[Start of section]
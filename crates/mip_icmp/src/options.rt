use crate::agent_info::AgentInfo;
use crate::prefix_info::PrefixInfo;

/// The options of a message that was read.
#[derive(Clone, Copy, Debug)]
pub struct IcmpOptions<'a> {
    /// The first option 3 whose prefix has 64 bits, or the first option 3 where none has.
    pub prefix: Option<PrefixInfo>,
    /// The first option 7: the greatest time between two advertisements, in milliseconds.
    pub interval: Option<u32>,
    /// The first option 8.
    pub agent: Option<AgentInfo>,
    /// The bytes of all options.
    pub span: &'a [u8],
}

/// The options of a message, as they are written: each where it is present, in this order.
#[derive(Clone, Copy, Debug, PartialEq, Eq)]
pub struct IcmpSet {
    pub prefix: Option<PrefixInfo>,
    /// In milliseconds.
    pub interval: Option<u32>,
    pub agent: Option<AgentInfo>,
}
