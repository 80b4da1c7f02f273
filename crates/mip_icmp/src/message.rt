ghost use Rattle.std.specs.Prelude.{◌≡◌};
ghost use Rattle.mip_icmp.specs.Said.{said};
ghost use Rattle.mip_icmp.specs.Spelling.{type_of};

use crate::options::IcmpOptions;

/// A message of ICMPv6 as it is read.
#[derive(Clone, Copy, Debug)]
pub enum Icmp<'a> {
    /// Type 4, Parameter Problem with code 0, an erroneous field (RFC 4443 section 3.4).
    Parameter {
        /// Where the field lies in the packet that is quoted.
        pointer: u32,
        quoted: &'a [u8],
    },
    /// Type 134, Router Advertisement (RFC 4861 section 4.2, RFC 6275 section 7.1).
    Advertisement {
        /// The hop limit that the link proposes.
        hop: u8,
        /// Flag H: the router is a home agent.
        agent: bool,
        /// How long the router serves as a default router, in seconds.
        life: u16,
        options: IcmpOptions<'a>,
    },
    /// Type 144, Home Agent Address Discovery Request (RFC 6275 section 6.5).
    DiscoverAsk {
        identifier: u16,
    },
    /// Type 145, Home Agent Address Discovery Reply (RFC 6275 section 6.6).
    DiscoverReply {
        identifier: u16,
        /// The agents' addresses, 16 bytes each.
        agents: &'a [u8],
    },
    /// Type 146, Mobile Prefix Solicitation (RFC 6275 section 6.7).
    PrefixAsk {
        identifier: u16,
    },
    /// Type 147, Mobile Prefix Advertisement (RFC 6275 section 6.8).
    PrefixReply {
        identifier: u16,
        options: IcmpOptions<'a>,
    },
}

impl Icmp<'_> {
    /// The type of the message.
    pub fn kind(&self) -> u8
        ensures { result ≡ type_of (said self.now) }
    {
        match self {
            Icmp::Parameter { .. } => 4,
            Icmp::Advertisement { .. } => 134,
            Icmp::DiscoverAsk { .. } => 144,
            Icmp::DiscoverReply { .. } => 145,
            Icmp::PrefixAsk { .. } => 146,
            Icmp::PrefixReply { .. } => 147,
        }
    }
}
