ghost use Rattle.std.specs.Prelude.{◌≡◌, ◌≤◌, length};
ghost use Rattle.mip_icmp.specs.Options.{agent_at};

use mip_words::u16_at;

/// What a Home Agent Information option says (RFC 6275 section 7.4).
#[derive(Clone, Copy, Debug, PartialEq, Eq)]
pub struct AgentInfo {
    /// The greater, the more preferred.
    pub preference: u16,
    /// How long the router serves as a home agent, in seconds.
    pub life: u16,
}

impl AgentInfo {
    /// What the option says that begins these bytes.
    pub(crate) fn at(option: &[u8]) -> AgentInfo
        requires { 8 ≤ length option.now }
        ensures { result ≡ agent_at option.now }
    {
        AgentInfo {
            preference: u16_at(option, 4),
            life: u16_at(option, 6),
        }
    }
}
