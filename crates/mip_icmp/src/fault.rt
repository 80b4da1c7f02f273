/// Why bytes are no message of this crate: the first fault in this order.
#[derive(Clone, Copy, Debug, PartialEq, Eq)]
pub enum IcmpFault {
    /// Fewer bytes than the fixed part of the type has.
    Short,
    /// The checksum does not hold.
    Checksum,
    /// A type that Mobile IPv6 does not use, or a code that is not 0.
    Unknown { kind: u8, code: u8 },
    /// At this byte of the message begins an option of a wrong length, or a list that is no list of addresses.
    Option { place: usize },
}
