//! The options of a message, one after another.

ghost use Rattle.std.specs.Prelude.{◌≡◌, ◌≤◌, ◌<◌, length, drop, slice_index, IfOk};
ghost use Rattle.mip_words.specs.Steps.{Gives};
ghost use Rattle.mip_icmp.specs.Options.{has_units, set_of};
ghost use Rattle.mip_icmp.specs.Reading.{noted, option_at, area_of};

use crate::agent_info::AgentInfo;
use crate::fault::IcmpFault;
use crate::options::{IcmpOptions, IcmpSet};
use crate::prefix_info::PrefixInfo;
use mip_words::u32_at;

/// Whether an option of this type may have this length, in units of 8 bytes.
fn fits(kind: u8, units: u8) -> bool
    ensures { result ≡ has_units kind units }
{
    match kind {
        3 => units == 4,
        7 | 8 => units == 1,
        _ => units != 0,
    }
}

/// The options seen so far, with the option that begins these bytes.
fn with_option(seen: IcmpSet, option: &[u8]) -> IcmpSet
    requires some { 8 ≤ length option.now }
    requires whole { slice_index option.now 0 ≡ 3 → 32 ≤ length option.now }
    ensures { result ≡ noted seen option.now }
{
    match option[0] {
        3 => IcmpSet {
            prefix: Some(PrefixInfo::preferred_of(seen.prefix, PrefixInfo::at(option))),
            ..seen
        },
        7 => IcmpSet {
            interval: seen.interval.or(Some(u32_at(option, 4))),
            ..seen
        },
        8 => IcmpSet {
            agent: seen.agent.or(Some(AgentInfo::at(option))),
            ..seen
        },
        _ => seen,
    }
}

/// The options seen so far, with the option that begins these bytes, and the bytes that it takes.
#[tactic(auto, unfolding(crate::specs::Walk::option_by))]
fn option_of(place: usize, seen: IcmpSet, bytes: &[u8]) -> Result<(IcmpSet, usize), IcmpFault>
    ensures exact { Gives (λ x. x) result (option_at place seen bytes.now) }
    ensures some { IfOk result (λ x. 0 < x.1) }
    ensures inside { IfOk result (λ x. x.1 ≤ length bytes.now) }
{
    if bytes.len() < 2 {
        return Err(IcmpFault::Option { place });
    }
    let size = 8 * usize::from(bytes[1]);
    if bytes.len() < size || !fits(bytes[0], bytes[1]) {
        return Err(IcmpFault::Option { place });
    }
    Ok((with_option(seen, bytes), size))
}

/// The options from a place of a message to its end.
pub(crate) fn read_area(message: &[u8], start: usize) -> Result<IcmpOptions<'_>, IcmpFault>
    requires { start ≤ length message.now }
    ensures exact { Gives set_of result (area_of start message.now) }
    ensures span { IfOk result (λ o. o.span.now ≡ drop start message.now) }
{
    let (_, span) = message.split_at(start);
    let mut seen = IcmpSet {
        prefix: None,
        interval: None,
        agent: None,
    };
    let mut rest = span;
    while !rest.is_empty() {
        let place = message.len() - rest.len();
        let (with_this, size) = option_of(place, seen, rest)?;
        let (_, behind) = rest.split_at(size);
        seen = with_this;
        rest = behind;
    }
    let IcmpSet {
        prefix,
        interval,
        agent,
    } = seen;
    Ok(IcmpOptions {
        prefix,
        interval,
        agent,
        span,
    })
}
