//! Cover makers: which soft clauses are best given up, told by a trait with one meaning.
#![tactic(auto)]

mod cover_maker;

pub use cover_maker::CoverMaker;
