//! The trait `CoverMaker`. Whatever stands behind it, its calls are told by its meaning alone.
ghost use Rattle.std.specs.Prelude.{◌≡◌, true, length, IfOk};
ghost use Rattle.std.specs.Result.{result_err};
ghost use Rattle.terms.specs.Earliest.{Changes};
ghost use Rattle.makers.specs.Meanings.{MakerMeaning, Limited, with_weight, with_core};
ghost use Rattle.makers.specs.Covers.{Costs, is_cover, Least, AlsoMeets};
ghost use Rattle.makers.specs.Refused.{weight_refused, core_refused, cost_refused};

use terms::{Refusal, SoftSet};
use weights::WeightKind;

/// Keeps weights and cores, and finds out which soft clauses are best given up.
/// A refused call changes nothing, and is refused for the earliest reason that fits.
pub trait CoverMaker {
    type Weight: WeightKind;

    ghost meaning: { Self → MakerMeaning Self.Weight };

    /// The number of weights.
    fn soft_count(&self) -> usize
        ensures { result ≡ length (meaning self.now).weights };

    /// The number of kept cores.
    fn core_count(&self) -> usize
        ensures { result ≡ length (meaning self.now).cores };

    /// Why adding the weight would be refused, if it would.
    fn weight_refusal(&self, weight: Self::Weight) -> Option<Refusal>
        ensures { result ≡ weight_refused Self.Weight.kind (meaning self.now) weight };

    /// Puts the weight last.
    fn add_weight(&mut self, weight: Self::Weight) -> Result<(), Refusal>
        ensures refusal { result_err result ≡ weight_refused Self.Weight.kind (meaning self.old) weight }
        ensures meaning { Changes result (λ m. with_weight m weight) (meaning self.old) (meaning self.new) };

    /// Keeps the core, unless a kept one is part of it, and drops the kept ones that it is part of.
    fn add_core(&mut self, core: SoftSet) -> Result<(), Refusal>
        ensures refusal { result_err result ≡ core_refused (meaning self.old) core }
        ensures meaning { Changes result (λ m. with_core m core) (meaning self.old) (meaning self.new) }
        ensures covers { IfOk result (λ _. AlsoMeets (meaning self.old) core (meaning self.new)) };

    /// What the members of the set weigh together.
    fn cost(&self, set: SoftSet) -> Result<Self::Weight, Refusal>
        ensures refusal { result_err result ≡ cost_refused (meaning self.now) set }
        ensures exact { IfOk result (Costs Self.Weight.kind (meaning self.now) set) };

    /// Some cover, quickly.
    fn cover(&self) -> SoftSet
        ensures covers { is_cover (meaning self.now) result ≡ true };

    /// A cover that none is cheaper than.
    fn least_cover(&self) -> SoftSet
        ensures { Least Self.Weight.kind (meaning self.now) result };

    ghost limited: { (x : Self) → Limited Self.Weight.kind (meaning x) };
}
[End of section]
[Start of section]
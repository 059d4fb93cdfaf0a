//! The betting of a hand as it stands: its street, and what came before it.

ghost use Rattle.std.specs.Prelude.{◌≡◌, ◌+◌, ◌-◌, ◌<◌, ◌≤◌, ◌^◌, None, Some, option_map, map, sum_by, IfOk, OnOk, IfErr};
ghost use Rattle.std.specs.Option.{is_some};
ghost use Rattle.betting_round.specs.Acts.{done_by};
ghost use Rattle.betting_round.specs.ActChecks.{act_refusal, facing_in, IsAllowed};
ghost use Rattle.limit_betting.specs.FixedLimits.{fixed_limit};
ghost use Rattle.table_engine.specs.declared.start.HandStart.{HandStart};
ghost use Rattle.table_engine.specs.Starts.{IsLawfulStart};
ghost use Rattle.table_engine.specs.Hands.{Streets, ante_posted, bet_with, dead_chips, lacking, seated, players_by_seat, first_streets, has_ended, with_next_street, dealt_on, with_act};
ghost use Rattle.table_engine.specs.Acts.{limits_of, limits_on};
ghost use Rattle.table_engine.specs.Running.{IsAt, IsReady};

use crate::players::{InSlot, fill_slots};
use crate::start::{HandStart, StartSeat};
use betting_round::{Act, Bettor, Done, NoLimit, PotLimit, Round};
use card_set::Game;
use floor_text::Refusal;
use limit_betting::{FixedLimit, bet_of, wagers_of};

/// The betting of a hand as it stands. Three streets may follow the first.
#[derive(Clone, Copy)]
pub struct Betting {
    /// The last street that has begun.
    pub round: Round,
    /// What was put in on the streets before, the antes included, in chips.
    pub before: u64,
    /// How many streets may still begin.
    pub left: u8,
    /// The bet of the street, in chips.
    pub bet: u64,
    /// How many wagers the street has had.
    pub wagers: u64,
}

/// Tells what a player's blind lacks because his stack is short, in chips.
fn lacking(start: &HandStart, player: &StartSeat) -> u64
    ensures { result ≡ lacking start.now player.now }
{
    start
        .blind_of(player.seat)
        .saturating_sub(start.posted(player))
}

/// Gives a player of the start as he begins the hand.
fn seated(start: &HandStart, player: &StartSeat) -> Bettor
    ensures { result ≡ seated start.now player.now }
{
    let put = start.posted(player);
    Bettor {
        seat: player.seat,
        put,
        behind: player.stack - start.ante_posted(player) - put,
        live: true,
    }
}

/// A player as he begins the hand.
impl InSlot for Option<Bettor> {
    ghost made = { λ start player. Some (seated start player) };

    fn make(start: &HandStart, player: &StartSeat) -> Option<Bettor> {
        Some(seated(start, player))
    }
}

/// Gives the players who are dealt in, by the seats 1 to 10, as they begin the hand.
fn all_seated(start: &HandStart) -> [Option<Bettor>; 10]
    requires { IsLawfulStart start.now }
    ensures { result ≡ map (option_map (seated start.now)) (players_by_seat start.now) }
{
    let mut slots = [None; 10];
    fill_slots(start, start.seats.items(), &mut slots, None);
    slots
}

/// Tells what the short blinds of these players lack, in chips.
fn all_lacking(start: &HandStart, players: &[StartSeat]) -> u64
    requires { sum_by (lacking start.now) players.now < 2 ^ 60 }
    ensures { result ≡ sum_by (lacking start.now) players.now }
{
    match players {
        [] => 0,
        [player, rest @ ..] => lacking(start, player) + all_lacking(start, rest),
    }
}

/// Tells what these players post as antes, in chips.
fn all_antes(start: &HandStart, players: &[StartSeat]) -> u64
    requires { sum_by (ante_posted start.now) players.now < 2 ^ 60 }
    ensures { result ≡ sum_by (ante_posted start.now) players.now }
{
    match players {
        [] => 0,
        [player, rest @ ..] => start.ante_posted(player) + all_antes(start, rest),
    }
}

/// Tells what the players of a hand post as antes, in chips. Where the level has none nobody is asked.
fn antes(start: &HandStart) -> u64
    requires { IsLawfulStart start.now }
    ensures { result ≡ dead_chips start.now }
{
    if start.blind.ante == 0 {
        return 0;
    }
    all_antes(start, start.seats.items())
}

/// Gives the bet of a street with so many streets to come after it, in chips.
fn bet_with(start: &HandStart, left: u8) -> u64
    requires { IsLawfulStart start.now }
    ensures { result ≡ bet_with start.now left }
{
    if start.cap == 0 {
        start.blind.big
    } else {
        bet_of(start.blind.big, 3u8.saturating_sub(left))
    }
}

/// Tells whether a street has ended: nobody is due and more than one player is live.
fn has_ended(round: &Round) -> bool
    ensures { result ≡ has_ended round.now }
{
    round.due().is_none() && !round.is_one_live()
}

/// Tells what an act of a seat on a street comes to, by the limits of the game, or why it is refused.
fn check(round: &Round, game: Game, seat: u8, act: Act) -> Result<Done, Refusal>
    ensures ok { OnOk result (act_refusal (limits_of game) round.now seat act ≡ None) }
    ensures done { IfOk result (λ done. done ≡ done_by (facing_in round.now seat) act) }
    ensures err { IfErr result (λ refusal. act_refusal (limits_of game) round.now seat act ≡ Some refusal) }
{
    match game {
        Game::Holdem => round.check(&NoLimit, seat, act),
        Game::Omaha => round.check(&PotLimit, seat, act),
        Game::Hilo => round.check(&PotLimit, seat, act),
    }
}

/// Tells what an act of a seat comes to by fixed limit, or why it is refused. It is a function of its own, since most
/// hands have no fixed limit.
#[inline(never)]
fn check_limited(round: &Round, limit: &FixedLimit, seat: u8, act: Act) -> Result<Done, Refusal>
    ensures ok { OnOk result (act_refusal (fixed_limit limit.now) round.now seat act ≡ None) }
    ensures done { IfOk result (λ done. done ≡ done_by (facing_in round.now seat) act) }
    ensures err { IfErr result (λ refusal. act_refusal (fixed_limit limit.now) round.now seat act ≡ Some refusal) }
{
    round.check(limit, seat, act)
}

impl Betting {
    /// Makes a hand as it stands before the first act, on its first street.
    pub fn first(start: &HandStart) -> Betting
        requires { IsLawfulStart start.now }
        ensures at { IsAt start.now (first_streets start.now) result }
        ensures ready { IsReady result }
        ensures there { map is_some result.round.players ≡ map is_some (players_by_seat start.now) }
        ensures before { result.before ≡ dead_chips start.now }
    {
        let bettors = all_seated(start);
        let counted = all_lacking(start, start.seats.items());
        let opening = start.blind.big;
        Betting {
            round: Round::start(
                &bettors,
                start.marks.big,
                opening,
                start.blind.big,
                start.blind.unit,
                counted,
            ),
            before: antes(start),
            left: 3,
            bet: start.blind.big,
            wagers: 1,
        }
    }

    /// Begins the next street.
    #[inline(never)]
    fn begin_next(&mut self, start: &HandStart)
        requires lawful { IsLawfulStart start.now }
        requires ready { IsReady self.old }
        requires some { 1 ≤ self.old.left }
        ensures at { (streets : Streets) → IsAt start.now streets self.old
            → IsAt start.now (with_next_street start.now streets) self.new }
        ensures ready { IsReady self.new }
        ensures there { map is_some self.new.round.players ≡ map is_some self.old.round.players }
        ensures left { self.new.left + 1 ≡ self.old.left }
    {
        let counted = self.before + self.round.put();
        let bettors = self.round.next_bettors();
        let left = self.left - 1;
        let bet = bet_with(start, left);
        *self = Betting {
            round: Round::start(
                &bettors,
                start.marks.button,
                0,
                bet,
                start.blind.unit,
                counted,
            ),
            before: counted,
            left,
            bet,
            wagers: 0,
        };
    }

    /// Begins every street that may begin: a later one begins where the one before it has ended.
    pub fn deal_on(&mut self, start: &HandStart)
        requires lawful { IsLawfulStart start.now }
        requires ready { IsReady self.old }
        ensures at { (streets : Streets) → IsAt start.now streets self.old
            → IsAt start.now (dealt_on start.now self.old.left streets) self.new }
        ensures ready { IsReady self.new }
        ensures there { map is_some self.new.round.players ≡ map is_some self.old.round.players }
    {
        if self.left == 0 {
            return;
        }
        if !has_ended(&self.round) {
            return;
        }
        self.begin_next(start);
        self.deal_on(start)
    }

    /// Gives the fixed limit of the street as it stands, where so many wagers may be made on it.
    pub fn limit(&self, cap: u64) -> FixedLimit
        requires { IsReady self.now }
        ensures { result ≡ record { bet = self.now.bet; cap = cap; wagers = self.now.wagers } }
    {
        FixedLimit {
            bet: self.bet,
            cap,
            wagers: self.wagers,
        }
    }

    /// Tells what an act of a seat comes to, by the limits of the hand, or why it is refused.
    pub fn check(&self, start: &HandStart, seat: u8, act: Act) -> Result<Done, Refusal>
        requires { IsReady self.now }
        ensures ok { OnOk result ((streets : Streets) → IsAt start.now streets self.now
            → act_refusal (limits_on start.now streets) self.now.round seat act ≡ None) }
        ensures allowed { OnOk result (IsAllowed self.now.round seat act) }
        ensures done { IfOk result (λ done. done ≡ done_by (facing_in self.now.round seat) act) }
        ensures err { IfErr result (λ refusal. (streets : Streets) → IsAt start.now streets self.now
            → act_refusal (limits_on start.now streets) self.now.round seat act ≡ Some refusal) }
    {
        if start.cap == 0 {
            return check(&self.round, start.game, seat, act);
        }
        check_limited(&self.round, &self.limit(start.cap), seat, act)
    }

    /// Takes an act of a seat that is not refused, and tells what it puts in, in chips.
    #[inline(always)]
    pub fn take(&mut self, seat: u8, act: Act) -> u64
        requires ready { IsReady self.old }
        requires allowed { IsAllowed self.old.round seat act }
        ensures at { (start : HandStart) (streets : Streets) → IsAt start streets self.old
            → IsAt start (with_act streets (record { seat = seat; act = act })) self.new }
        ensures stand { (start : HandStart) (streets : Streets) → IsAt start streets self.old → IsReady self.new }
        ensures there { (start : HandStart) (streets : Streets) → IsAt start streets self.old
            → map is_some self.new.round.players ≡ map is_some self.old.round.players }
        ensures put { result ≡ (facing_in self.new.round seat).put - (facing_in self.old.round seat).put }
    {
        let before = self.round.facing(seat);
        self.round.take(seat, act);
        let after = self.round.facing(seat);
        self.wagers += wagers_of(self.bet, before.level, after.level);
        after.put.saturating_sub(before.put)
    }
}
[End of section]
**The problem:**
Checking each line above, count the ones that hold the word "StartSeat" and state the total alone.

**Written reply:**
6